De huidige moeilijke economische omstandigheden en de stijgende energiekosten kunnen op onze sector nog een impact hebben. We volgen dat samen mee op. Aan de ene kant zullen ook onze bezoekers in economisch moeilijkere tijden naar hun uitgaven kijken. Een lange zomervakantie blijft dan ook een prioriteit, ten nadele van extra kortere vakanties of citytrips doorheen het jaar. We zullen zien in hoeverre dat een invloed gaat hebben op Vlaanderen als toeristische bestemming.
Aan de andere kant zullen natuurlijk ook de uitbaters proberen om hun kosten te drukken. Zij zijn ook, zoals ik al had aangegeven, volop bezig met slimme investeringen. We zien dit ook in de logiesbevraging, waar bij de geplande duurzame investeringen zowel op korte als lange termijn, vooral de energie-investeringen vooropstaan. Ik zie heel veel zonnepanelen naar voren komen, net als batterijen voor groene stroom. Ik denk dat dat ook heel positief is, en ook veel zegt over onze sector. Toerisme Vlaanderen en het Vlaams Energie- en Klimaatagentschap (VEKA) werken samen aan een oproep om de sector hierin te ondersteunen hierrond. Die wordt dit jaar gelanceerd.

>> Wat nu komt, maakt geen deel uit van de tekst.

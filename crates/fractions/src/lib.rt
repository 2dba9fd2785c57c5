// Fractions in lowest terms, by Euclid's algorithm.
#![tactic(auto)]

ghost use Rattle.std.specs.Prelude.{◌≡◌, ◌^◌, ◌<◌, nat_abs};
ghost use Rattle.fractions.specs.Fractions.{gcd, reduced, reduced_z};

#[repr(C)]
#[derive(Clone, Copy)]
pub struct Fraction {
    pub top: u64,
    pub bottom: u64,
}

// A struct with a type parameter does not cross to C, and both kinds stand in `Figures`, which does: so they are no one struct over the type of the top.
#[repr(C)]
#[derive(Clone, Copy)]
pub struct SignedFraction {
    pub top: i64,
    pub bottom: u64,
}

// The greatest common divisor of two numbers.
fn divisor(a: u64, b: u64) -> u64
    ensures { result ≡ gcd a b }
{
    let mut x = a;
    let mut y = b;
    while 0 < y {
        let rest = x % y;
        x = y;
        y = rest;
    }
    x
}

// a over b in lowest terms.
pub fn reduce(a: u64, b: u64) -> Fraction
    requires { 0 < b }
    ensures { result ≡ reduced a b }
{
    let d = divisor(a, b);
    Fraction {
        top: a / d,
        bottom: b / d,
    }
}

// The same for a number that may be negative. One function over both tops would need a trait with a size, a quotient and a law of each: it is no plainer.
pub fn reduce_signed(a: i64, b: u64) -> SignedFraction
    requires { (0 < b) × (b < 2 ^ 63) }
    ensures { result ≡ reduced_z a b }
{
    let d = divisor(a.unsigned_abs(), b);
    SignedFraction {
        top: a / (d as i64),
        bottom: b / d,
    }
}
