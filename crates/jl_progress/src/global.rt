//! What the functions of the global object keep while they wait for a value (15.1.2).
use jl_text::{List, Text};
use jl_value::Value;

/// What is asked of a number (15.1.2.4, 15.1.2.5).
#[derive(Clone, Copy)]
pub enum NumberTest {
    /// Whether it is NaN, by `isNaN`.
    IsNan,
    /// Whether it is neither NaN nor an infinity, by `isFinite`.
    IsFinite,
}

/// What a function of the global object has done so far.
#[derive(Drop)]
pub enum GlobalProgress {
    /// `print`: the line so far, without the space before the argument that is converted, whether that is the first,
    /// all arguments, and the index of the one after it.
    Print {
        line: List<u16>,
        is_first: bool,
        args: List<Value>,
        from: usize,
    },
    /// `parseInt` waits for the string as a primitive value, and has the radix still to convert (15.1.2.2).
    Numeral {
        radix: Value,
    },
    /// It waits for the radix as a primitive value.
    Radix {
        units: Text,
    },
    /// `isNaN` or `isFinite` waits for its argument as a primitive value (15.1.2.4, 15.1.2.5).
    Test {
        test: NumberTest,
    },
}
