//! What the builtins of strings keep while they wait for a value (15.5).
use jl_num::Num;
use jl_text::{List, Text};
use jl_value::{ObjId, StringMethod, Value};

/// How a unit of a string is given (15.5.4.4, 15.5.4.5).
#[derive(Clone, Copy)]
pub enum UnitForm {
    /// As a string, by `charAt`.
    Text,
    /// As a number, by `charCodeAt`.
    Code,
}

/// Which place of a part in a string is searched for (15.5.4.7, 15.5.4.8).
#[derive(Clone, Copy)]
pub enum Search {
    /// The first, by `indexOf`.
    First,
    /// The last, by `lastIndexOf`.
    Last,
}

/// What is cut out of a string (15.5.4.13, 15.5.4.15).
#[derive(Clone, Copy)]
pub enum Cut {
    /// What `slice` gives, which counts places below zero from the end.
    Slice,
    /// What `substring` gives, which takes its two places in either order.
    Substring,
}

/// What a builtin of strings has done so far.
#[derive(Drop)]
pub enum StringProgress {
    /// `String` waits for its argument as a primitive value (15.5.1.1, 15.5.2.1).
    Given {
        by_new: bool,
    },
    /// `String.fromCharCode` waits for an argument as a primitive value: the units so far, all arguments, and the index
    /// of the one after it (15.5.3.2).
    CharCode {
        units: List<u16>,
        args: List<Value>,
        from: usize,
    },
    /// A method waits for `this` as a primitive value, with all arguments (15.5.4).
    This {
        method: StringMethod,
        args: List<Value>,
    },
    /// `charAt` or `charCodeAt` waits for the position as a primitive value (15.5.4.4, 15.5.4.5).
    Position {
        form: UnitForm,
        units: Text,
    },
    /// `concat` waits for an argument as a primitive value: the units so far, all arguments, and the index of the one
    /// after it (15.5.4.6).
    Joined {
        units: List<u16>,
        args: List<Value>,
        from: usize,
    },
    /// `indexOf` or `lastIndexOf` waits for the part as a primitive value, and has the position still to convert
    /// (15.5.4.7, 15.5.4.8).
    Part {
        search: Search,
        units: Text,
        position: Value,
    },
    /// It waits for the position as a primitive value.
    Place {
        search: Search,
        units: Text,
        part: Text,
    },
    /// `slice` or `substring` waits for the start as a primitive value, and has the end still to convert (15.5.4.13,
    /// 15.5.4.15).
    Start {
        cut: Cut,
        units: Text,
        end: Value,
    },
    /// It waits for the end as a primitive value.
    End {
        cut: Cut,
        units: Text,
        start: Num,
    },
    /// `split` has made its array and waits for the limit as a primitive value, with the separator still to convert
    /// (15.5.4.14).
    Limit {
        units: Text,
        array: ObjId,
        separator: Value,
    },
    /// It waits for the separator as a primitive value.
    Separator {
        units: Text,
        array: ObjId,
        limit: u32,
    },
}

Mevrouw Talpe heeft het woord.
Minister, ik dank u voor uw uitgebreide antwoord. Ik vind het heel positief dat dergelijke bevragingen gebeuren. We kunnen er heel wat uit leren. Het is positief dat het positief is. Uit deze bevraging blijkt dat de sector bijzonder veerkrachtig is. Dat is nu bewezen in cijfers. Meten is weten, bevragen is ook weten. Ik zocht een woord dat rijmt op bevragen, maar dat heb ik nog niet gevonden. We zien nu hoe de sector eraan toe is.
Covid heeft uiteraard diepe wonden geslagen, een aantal hebben het niet overleefd, maar we zien toch al dat 81 procent weer open is en op termijn nog 8 procent opengaat. Ik vind dat bijzonder positief nieuws. Dat stemt me echt tevreden, want ik heb heel veel ongelukkige ondernemers gezien de voorbije jaren.
Wat betreft de personeelsdruk, ik was twee weken geleden aan de Westkust, ik zat bij een uitbater die ik ken en het zat daar propvol. Ik vroeg hoe het ging, ik dacht: goed zeker? Maar hij vond dat het niet ging, hij had geen personeel. Hij stond daar lijkbleek omdat hij bijna alles zelf moest doen. Ik had met hem te doen, maar ik dacht: er is nu veel volk en het is weer niet goed. Maar toch begrijp ik dat, zeker als men dag in dag uit, en aan de kust is het zeker in de vakantieperiodes druk, alles zelf moet doen.
Als men continu moet zoeken naar personeel zie ik twee grote problemen. De ‘gap’ tussen werken en niet werken is nog altijd te groot op onze arbeidsmarkt. Dat is een issue dat we nog altijd meeslepen. Twee, de horeca- en hotelsector kennen bijzondere werkuren. De mensen moeten werken als anderen met verlof zijn, men krijgt mensen moeilijker en moeilijker overtuigd om de work-lifebalance van 9 tot 5 los te laten. Dat is jammer. We moeten eigenlijk zoeken naar incentives om dat te ondersteunen.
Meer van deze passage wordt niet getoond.